In 2001, Jobs focused on reinventing Apple for the 21st century and introduced iTunes, and started selling the iPod (for those of you who are too young, that was a portable MP3 player). Interestingly enough, by 2006 more than one billion songs and videos had been sold through Apple's iTunes Store.

In 2007, Jobs announced the iPhone, which revolutionized the telecommunications industry and is largely credited for transforming the mobile tech industry to what we have today. The iPhone was a phone that could play music like an iPod and could also access the internet, and it also sported a touch screen (before that, phones didn't really look like that, and focused mainly on talking and sending SMS messages).
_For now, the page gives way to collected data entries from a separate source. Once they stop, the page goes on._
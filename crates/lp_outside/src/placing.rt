// A whole text to an output.
ghost use Rattle.std.specs.Prelude.{◌≡◌, ◌≢◌, ◌≤◌, ◌^◌, OnErr, IfOk};
ghost use Rattle.lp_model.specs.Outside.{HasCause};
ghost use Rattle.lp_outside.specs.declared.stage.Mark.{Mark};
ghost use Rattle.lp_outside.specs.Stages.{no_mark};
ghost use Rattle.lp_outside.specs.Gained.{Gained, GainedSome, HasText, SparesOthers, SparesFronts, SparesLengths, SparesEnded};

use crate::{Mark, Name, Stage, StageFailed};

/// Where an output's text begins in its file, and the mark behind its last byte.
#[derive(Clone, Copy, Debug, PartialEq, Eq)]
pub struct Placed {
    pub base: u64,
    pub mark: Mark,
}

/// Puts a text behind what an output's file holds, and ends the output.
pub fn place_text<G: Stage>(
    stage: &mut G,
    output: u32,
    name: &Name,
    text: &[u8],
) -> Result<Placed, StageFailed>
    ensures goes { G.goes stage.old stage.new }
    ensures base { IfOk result (λ placed. (G.state stage.old).is_length name.now placed.base) }
    ensures low { IfOk result (λ placed. placed.base ≤ 2 ^ 62) }
    // The output has gained the text from its first byte on, and has it.
    ensures written { IfOk result (λ placed. Gained output name.now placed.base no_mark placed.mark text.now (G.state stage.old) (G.state stage.new)) }
    ensures has { IfOk result (λ placed. (G.state stage.old).tells → HasText output name.now placed.base placed.mark text.now (G.state stage.new)) }
    ensures ended { IfOk result (λ placed. G.ended stage.new name.now placed.base placed.mark) }
    ensures others_ended { SparesEnded G.ended name.now stage.old stage.new }
    ensures others { IfOk result (λ placed. SparesOthers output name.now (G.state stage.old) (G.state stage.new)) }
    ensures fronts { IfOk result (λ placed. SparesFronts placed.base (G.state stage.old) (G.state stage.new)) }
    ensures lengths { SparesLengths name.now (G.state stage.old) (G.state stage.new) }
    ensures front { OnErr result (GainedSome name.now text.now (G.state stage.old) (G.state stage.new)) }
    ensures cause { HasCause (G.faults stage.old) (G.faults stage.new) result }
{
    let base = stage.held(name)?;
    let mut mark = Mark::none();
    stage.put(output, name, base, &mut mark, text)?;
    stage.close(name, base, &mark)?;
    Ok(Placed { base, mark })
}
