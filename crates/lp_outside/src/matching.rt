// Which names a pattern matches.
ghost use Rattle.std.specs.Prelude.{◌≡◌, ◌↔◌, ◌<◌, ◌≤◌, ◌⊎◌, ℕ, List, length, drop, IsTrue, IfOk};
ghost use Rattle.lp_outside.specs.Found.{IsFound};
ghost use Rattle.lp_outside.specs.Matching.{MatchesPart, IsPartStart, Matches};

use crate::{Name, NameList};
use std::alloc::{AllocError, Global};
use std::collections::BTreeSet;

// Where a pattern was found to match a text.
enum Found {
    Here,
    // Not from the text's first byte on, but perhaps from a later one.
    NotHere,
    // Not from any byte on.
    Nowhere,
}

// Whether a pattern's byte, other than `*`, stands for a byte.
fn stands_for(byte: u8, other: u8) -> bool
    ensures { IsTrue result ↔ ((byte ≡ 63) ⊎ (other ≡ byte)) }
{
    byte == b'?' || other == byte
}

// Looks for a pattern at the front of a text. Once a later `*` was reached its answer serves for every place of an
// earlier one, so that each `*` goes through the text once.
fn find(pattern: &[u8], text: &[u8]) -> Found
    ensures { IsFound pattern.now text.now result }
{
    let [byte, rest @ ..] = pattern else {
        return if text.is_empty() {
            Found::Here
        } else {
            Found::NotHere
        };
    };
    if *byte == b'*' {
        for skipped in 0..text.len() + 1 {
            match find(rest, &text[skipped..]) {
                Found::Here => return Found::Here,
                Found::NotHere => {}
                Found::Nowhere => return Found::Nowhere,
            }
        }
        return Found::Nowhere;
    }
    match text {
        [] => Found::Nowhere,
        [first, more @ ..] if stands_for(*byte, *first) => find(rest, more),
        _ => Found::NotHere,
    }
}

/// Whether a pattern matches a text, with `*` for any bytes and `?` for one.
pub fn matches_part(pattern: &[u8], text: &[u8]) -> bool
    ensures { IsTrue result ↔ MatchesPart pattern.now text.now }
{
    match find(pattern, text) {
        Found::Here => true,
        Found::NotHere => false,
        Found::Nowhere => false,
    }
}

// Where the last part of a name begins.
fn part_start(name: &[u8]) -> usize
    ensures { IsPartStart name.now result }
{
    let mut start = name.len();
    while start > 0 && name[start - 1] != b'/' {
        start -= 1;
    }
    start
}

fn matches_bytes(pattern: &[u8], name: &[u8]) -> bool
    ensures { IsTrue result ↔ Matches pattern.now name.now }
{
    let start = part_start(pattern);
    if part_start(name) != start {
        return false;
    }
    if name[..start] != pattern[..start] {
        return false;
    }
    matches_part(&pattern[start..], &name[start..])
}

/// Whether a pattern matches a name: all before the last part is the same, and in the last part `*` stands for any bytes
/// and `?` for one.
pub fn matches(pattern: &Name, name: &Name) -> bool
    ensures { IsTrue result ↔ Matches pattern.now name.now }
{
    matches_bytes(pattern.as_str().as_bytes(), name.as_str().as_bytes())
}

/// Names of a set, in their order.
pub fn in_order(alloc: Global, names: BTreeSet<Name>) -> Result<NameList, AllocError>
    ensures { IfOk result (λ list. list ≡ names.keys) }
{
    let mut list = NameList::new(alloc);
    for name in names {
        list.push(name)?;
    }
    Ok(list)
}
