// How rotations are named, and what becomes of a file that is there.
/// How a rotated log is named.
#[derive(Clone, Copy, Debug, PartialEq, Eq)]
pub enum Rotation {
    /// A log keeps its name.
    Names,
    /// A log's name gets a number behind it.
    Numbers,
}

/// What becomes of an output's file that is there already.
#[derive(Clone, Copy, Debug, PartialEq, Eq)]
pub enum FileMode {
    /// The text goes behind what it holds.
    Append,
    /// The text takes its place.
    Overwrite,
    /// It stays, unless it is empty.
    LeaveAlone,
}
Most notably, Jobs is responsible for the first OG iPhone, the iPhone 3G (at the time, the App Store was first opened as well), and the iconic iPhone 4 (the new iPhones, like the iPhone 14, are quite inspired by this look), alongside the invention of the Mac and other Apple products.

Jobs led Apple to success all the way until his dead in 2011. He resigned as Apple CEO in August of 2011, naming Tim Cook as his successor and remaining as a board chairman. He died on October 5, 2011, 2011, just one day after the introduction of the iPhone 4S, from complications from a relapse of his pancreatic neuroendocrine tumor, an illness that he was fighting ever since he was diagnosed back in 2003. To this day, Jobs is viewed highly in the tech industry as a visionary, pioneer, and innovator.